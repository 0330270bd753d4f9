// Laws of requests: bytes ask one thing, and what a client writes asks what it was written of.
ghost use Rattle.std.specs.Prelude.{◌≡◌, ◌≢◌, ℕ, Bool, false, List, Option, Some, codes};
ghost use Rattle.serde_json.specs.Data.{Data, object, Members};
ghost use Rattle.serde_json.specs.Written.{compact_text};
ghost use Rattle.kp_kore.specs.Syntax.{Text, KorePattern};
ghost use Rattle.kp_json.specs.Faults.{read};
ghost use Rattle.kp_json.specs.Trees.{SpellsWrapped};
ghost use Rattle.kp_rpc.specs.Frame.{IsFrame};
ghost use Rattle.kp_rpc.specs.Request.{RequestId, ExecuteRequest, ImpliesRequest};
ghost use Rattle.kp_rpc.specs.Readings.{read_object};
ghost use Rattle.kp_rpc.specs.Reply.{invalid_request, method_not_found};
ghost use Rattle.kp_rpc.specs.Questions.{IsAskable, IsLawfulId, question_tree, to_execute, to_imply, to_add};
ghost use Rattle.kp_requests.specs.Asked.{simplify_tree, add_module_tree};
ghost use Rattle.kp_requests.specs.Frames.{Asks, IsJson};
ghost use Rattle.kp_requests.specs.Calls.{asked_of, echoed, read_call, read_frame};
ghost use Rattle.kp_requests.specs.Objects.{IsRequestObject};
ghost use Rattle.kp_requests.specs.Requests.{Frame, execute, implies, simplify, add_module, asks, refused, single};

/// Bytes ask one thing.
#[tactic(auto, using(crate::proofs::Frames::one_frame))]
pub fn bytes_ask_one_thing()
    ensures { (bytes : List ℕ) (f g : Frame) → Asks bytes f → Asks bytes g → f ≡ g }
{}

/// Bytes that are JSON ask what their JSON value asks.
#[tactic(auto, using(crate::proofs::Frames::asks_of))]
pub fn json_asks_what_its_value_asks()
    ensures { (bytes : List ℕ) (d : Data) (f : Frame) → IsJson bytes d → Asks bytes f → f ≡ read_frame d }
{}

/// The text of one object or array asks what its JSON value asks: so the text that a client writes of a request of execute
/// or implies, which is that of its tree, asks what the two laws below say.
#[tactic(auto, using(crate::proofs::Frames::frame_asks))]
pub fn a_text_asks_what_its_value_asks()
    ensures { (bytes : List ℕ) (d : Data) → IsFrame bytes d → Asks bytes (read_frame d) }
{}

/// What a client writes of a request of execute asks that request.
#[tactic(auto, using(crate::proofs::Back::execute_back))]
pub fn what_is_written_of_execute_asks_it()
    ensures { (q : ExecuteRequest) (tree d : Data) → IsLawfulId q.id → SpellsWrapped tree q.state → question_tree (to_execute q) ≡ Some d
        → read_frame d ≡ single (record { id = Some q.id; asked = asks (execute (read q.state) q.options) }) }
{}

/// What a client writes of a request of implies asks that request.
#[tactic(auto, using(crate::proofs::Back::implies_back))]
pub fn what_is_written_of_implies_asks_it()
    ensures { (q : ImpliesRequest) (tree other d : Data) → IsLawfulId q.id → SpellsWrapped tree q.antecedent → SpellsWrapped other q.consequent
        → question_tree (to_imply q) ≡ Some d
        → read_frame d ≡ single (record { id = Some q.id; asked = asks (implies (read q.antecedent) (read q.consequent) q.module_name) }) }
{}

/// What a client writes of a request of simplify asks that request.
#[tactic(auto, using(crate::proofs::Back::simplify_back))]
pub fn what_is_written_of_simplify_asks_it()
    ensures { (id : RequestId) (p : KorePattern) (name : Option Text) (tree d : Data) → IsLawfulId id → SpellsWrapped tree p → simplify_tree id p name ≡ Some d
        → read_frame d ≡ single (record { id = Some id; asked = asks (simplify (read p) name) }) }
{}

/// What a client writes of a request of add-module asks that request.
#[tactic(auto, using(crate::proofs::Back::add_module_back))]
pub fn what_is_written_of_add_module_asks_it()
    ensures { (id : RequestId) (text : Text) (name_as_id : Bool) → IsLawfulId id
        → read_frame (add_module_tree id text name_as_id) ≡ single (record { id = Some id; asked = asks (add_module text name_as_id) }) }
{}

/// What is read of the text of a question to add a module asks to add it, under its id for a name alone.
pub fn what_is_read_of_a_question_to_add_asks_it()
    ensures { (id : RequestId) (text : Text) (d e : Data) (frame : List ℕ) → IsAskable (to_add id text) → question_tree (to_add id text) ≡ Some d
        → frame ≡ compact_text d → IsJson frame e → read_frame e ≡ single (record { id = Some id; asked = asks (add_module text false) }) }
{}

/// A request object asks what its method is asked by its params, and its reply carries its id; without an id it is a
/// notification.
#[tactic(auto, using(crate::proofs::Objects::request_object_read))]
pub fn a_request_object_asks_by_its_method()
    ensures { (o : Members) (id : Option RequestId) (method : Text) → IsRequestObject o id method
        → read_call (object o) ≡ record { id = id; asked = asked_of method (read_object (codes "params") (object o)) } }
{}

/// Every other value is an invalid request, whose reply carries its id where that is lawful, else null.
#[tactic(auto, using(crate::proofs::Objects::other_value_read))]
pub fn any_other_value_is_an_invalid_request()
    ensures { (d : Data) → ((o : Members) (id : Option RequestId) (method : Text) → d ≡ object o → ¬ IsRequestObject o id method)
        → read_call d ≡ record { id = Some (echoed d); asked = refused invalid_request } }
{}

/// A method of any other name isn't found.
#[tactic(auto, using(crate::proofs::Objects::other_method_read))]
pub fn any_other_method_is_not_found()
    ensures { (method : Text) (params : Option Data) → method ≢ codes "execute" → method ≢ codes "implies" → method ≢ codes "simplify" → method ≢ codes "add-module"
        → asked_of method params ≡ refused method_not_found }
{}
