//! What is had of the outputs' threads.
ghost use Rattle.frame_ledger.specs.Shares.{HasOnePart};
ghost use Rattle.output_ring.specs.Rings.{AreEnds};
ghost use Rattle.crew.specs.Promises.{HandsBack};

use crew_steps::OutputEnd;
use frame_ledger::OutputShares;
use house::{Discarded, EndedRing, Ledgers, Written};
use output_ring::{Drainer, Feeder};
use std::snapshot::Snapshot;
use std::thread::{Promise, PromisedHandle};

/// The output's end is of the ring of this drainer, with which the output of this number ran until it was
/// told of the end.
#[derive(Drop)]
pub struct OfOutput {
    pub output: usize,
    pub drainer: Snapshot<Drainer>,
}

impl<L: Ledgers> Promise<OutputEnd<L>> for OfOutput {
    ghost kept_by = { λ p r. HandsBack p.output p.drainer.value r.drainer };
}

/// The thread of an output that runs, with the feeder of its ring.
#[derive(Drop)]
pub struct OutputRun<L: Ledgers> {
    pub handle: PromisedHandle<OutputEnd<L>, OfOutput>,
    pub first: Snapshot<Feeder>,
    ghost pair: { AreEnds first.value handle.promise.drainer.value },
}

/// What an output's thread leaves: its ring, of which the feeder has ended too, and its shares.
#[derive(Drop)]
pub(crate) struct OutputLeft<L: Ledgers> {
    pub(crate) ring: EndedRing,
    pub(crate) shares: OutputShares<Written<L>, Discarded<L>>,
    ghost parts: { HasOnePart shares },
}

■ ■ ■ ■

_Directions for this task_
Pull every line with "carries" from the records.

_Task result_
/// A request object asks what its method is asked by its params, and its reply carries its id; without an id it is a
/// Every other value is an invalid request, whose reply carries its id where that is lawful, else null.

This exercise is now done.